# Live Cam from Estonia



## Critter (Mar 20, 2010)

Ya, I had to look it up also to know where this place is at.

Everyone enjoyed the live cam from Africa I thought that you would like this one. It will be up until spring.

http://pontu.eenet.ee/player/hirv.html


----------



## Critter (Mar 20, 2010)

They are 9 hours ahead of Utah time and it is best to view it when it is dark thirty over there. There are usually a number of stags hanging out on the feeder.


----------



## DallanC (Jan 13, 2009)

stag on there right now.


-DallanC


----------



## 35whelen (Jul 3, 2012)

cool. nothing on it right now. im already working a graveyard at one of the slc shelters tonight. just staring at camera monitors. this one at least makes me feel like im in a blind.


----------



## LostLouisianian (Oct 11, 2010)

Estonia is the country northeast of Latvia. Latvia is northeast of Lithuania.
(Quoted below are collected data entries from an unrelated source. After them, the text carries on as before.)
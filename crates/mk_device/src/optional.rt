//! A device that may be absent.
use crate::device::{Broken, Intake};

/// Without a device nothing is left to give, and no read fails.
impl<I: Intake> Intake for Option<I> {
    ghost use Rattle.mk_device.specs.Device as spec;

    ghost left = { spec.left_if I.left };

    ghost has_failed = { spec.has_failed_if I.has_failed };

    ghost readable = { spec.readable_if I.readable };

    ghost reads_left = { spec.reads_left_if I.reads_left };

    fn read(&mut self, buffer: &mut [u8]) -> Result<usize, Broken> {
        match self {
            Some(device) => device.read(buffer),
            None => Ok(0),
        }
    }
}
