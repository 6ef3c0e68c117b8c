//! The devices that texts come from and go to.
//!
//! [`device::Intake`] and [`device::Outlet`] are devices that give and take bytes; [`device::read_all`] and [`device::write_all`]
//! use them up. [`feed::Feed`] and [`sink::Sink`] make them of std's readers and writers, and an `Option` of a device that gives is one
//! too (`optional`). Read `specs/Device.antt` first.
#![tactic(auto)]

pub mod device;
pub mod feed;
pub mod optional;
pub mod sink;
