//! Devices made of std's writers.
ghost use Rattle.std.specs.Prelude.{◌≡◌, ◌<◌, ◌≤◌, false, length, take, IfSome, IfNone};
ghost use Rattle.std.specs.Io.KnownBytes.{Appends, Keeps};

use crate::device::{Broken, Outlet};
use std::io::{ErrorKind, Write};
use std::marker::Model;

/// A writer as a device. Each write is flushed, so that a writer with a buffer fails at once where its device is full.
/// It fails where the writer's write or flush does, and where the writer takes no byte of some. A write that a signal
/// interrupts is made again.
#[derive(Drop)]
pub struct Sink<W: Write> {
    writer: W,
    failed: bool,
}

impl<W: Write> Model for Sink<W> {
    ghost use Rattle.mk_device.specs.Device.{Taking};

    ghost Value = { Taking };

    ghost view = { λ s. record { written = W.contents s.writer; failed = s.failed } };
}

impl<W: Write> Sink<W> {
    /// A device that writes behind what the writer holds.
    pub fn new(writer: W) -> Sink<W>
        ensures { result ≡ record { written = W.contents writer; failed = false } }
    {
        Sink {
            writer,
            failed: false,
        }
    }

    /// The writer, with what was written.
    pub fn into_inner(self) -> W
        ensures { W.contents result ≡ self.written }
    {
        let Sink { writer, failed: _ } = self;
        writer
    }
}

impl<W: Write> Outlet for Sink<W> {
    ghost written = { λ s. s.written };

    ghost has_failed = { λ s. s.failed };

    fn write(&mut self, bytes: &[u8]) -> Result<usize, Broken> {
        if let Some(n) = write_some(&mut self.writer, bytes) {
            if self.writer.flush().is_ok() {
                return Ok(n);
            }
        }
        self.failed = true;
        Err(Broken)
    }
}

/// How many of the bytes the writer took; `None` where it failed, or took none of some.
fn write_some<W: Write>(writer: &mut W, bytes: &[u8]) -> Option<usize>
    ensures bound { IfSome result (λ n. n ≤ length bytes.now) }
    ensures some { IfSome result (λ n. 0 < length bytes.now → 0 < n) }
    ensures grows { IfSome result
        (λ n. Appends (W.contents writer.old) (W.contents writer.new) (take n bytes.now)) }
    ensures none { IfNone result (Keeps (W.contents writer.old) (W.contents writer.new)) }
{
    'tries: for _ in 0..u64::MAX {
        match writer.write(bytes) {
            Ok(0) if !bytes.is_empty() => return None,
            Ok(n) => return Some(n),
            Err(e) if e.kind() == ErrorKind::Interrupted => {}
            Err(_) => return None,
        }
    }
    None
}
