//! Devices made of std's readers.
ghost use Rattle.std.specs.Prelude.{◌≡◌, ◌-◌, ◌^◌, false};

use crate::device::{Broken, Intake};
use std::io::{ErrorKind, Read};
use std::marker::Model;

/// A reader as a device. It fails where the reader does, and at its 2^64th read. A read that a signal interrupts is
/// made again, and counts as another. Nothing is stated of whether it can be read to its end.
#[derive(Drop)]
pub struct Feed<R: Read> {
    reader: R,
    failed: bool,
    reads: u64,
}

impl<R: Read> Model for Feed<R> {
    ghost use Rattle.mk_device.specs.Device.{Giving};

    ghost Value = { Giving };

    ghost view = { λ f. record { left = R.remaining f.reader; failed = f.failed; reads = f.reads } };
}

impl<R: Read> Feed<R> {
    /// A device that gives what the reader has left.
    pub fn new(reader: R) -> Feed<R>
        ensures { result ≡ record { left = R.remaining reader; failed = false; reads = 2 ^ 64 - 1 } }
    {
        Feed {
            reader,
            failed: false,
            reads: u64::MAX,
        }
    }
}

impl<R: Read> Intake for Feed<R> {
    ghost use Rattle.mk_device.specs.Device.{not_stated};

    ghost left = { λ f. f.left };

    ghost has_failed = { λ f. f.failed };

    ghost readable = { not_stated };

    ghost reads_left = { λ f. f.reads };

    fn read(&mut self, buffer: &mut [u8]) -> Result<usize, Broken> {
        'tries: while self.reads > 0 {
            self.reads -= 1;
            match self.reader.read(buffer) {
                Ok(n) => return Ok(n),
                Err(e) if e.kind() == ErrorKind::Interrupted => {}
                Err(_) => break,
            }
        }
        self.failed = true;
        Err(Broken)
    }
}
Latvia looks like it has a big V in its shape so you know which is Latvia then you can easily find its neighbors Estonia and Lithuania. Helped grandson last week study his world geography test and he got an A on it. He's figured out that because I was around when dinosaurs roamed I'm actually fairly smart and he likes studying with me and the way I teach. Imagine that


----------



## Critter (Mar 20, 2010)

The sun is up over there now so I doubt that anything will show up for a few more hours again.


----------



## Critter (Mar 20, 2010)

4 Stags chowing down right now at 7:52pm Utah time


----------



## Dunkem (May 8, 2012)

Big old boy on there right now!! 12:17 pm


----------



## BPturkeys (Sep 13, 2007)

What the heck are you guys looking at? I don't see anything but a haystack and table full of corn. ????


----------



## BPturkeys (Sep 13, 2007)

Oh geez, I didn't notice this is a "live cam". I thought it was a trailcam shot.


----------



## bowgy (Oct 10, 2007)

5 stags right now


----------



## LostLouisianian (Oct 11, 2010)

there's a sasquatch on there now:shock:


----------



## wyogoob (Sep 7, 2007)

There's a stag on the hay pile. When do they shed?

.


----------



## wyogoob (Sep 7, 2007)

Now there's 4 of them!

.


----------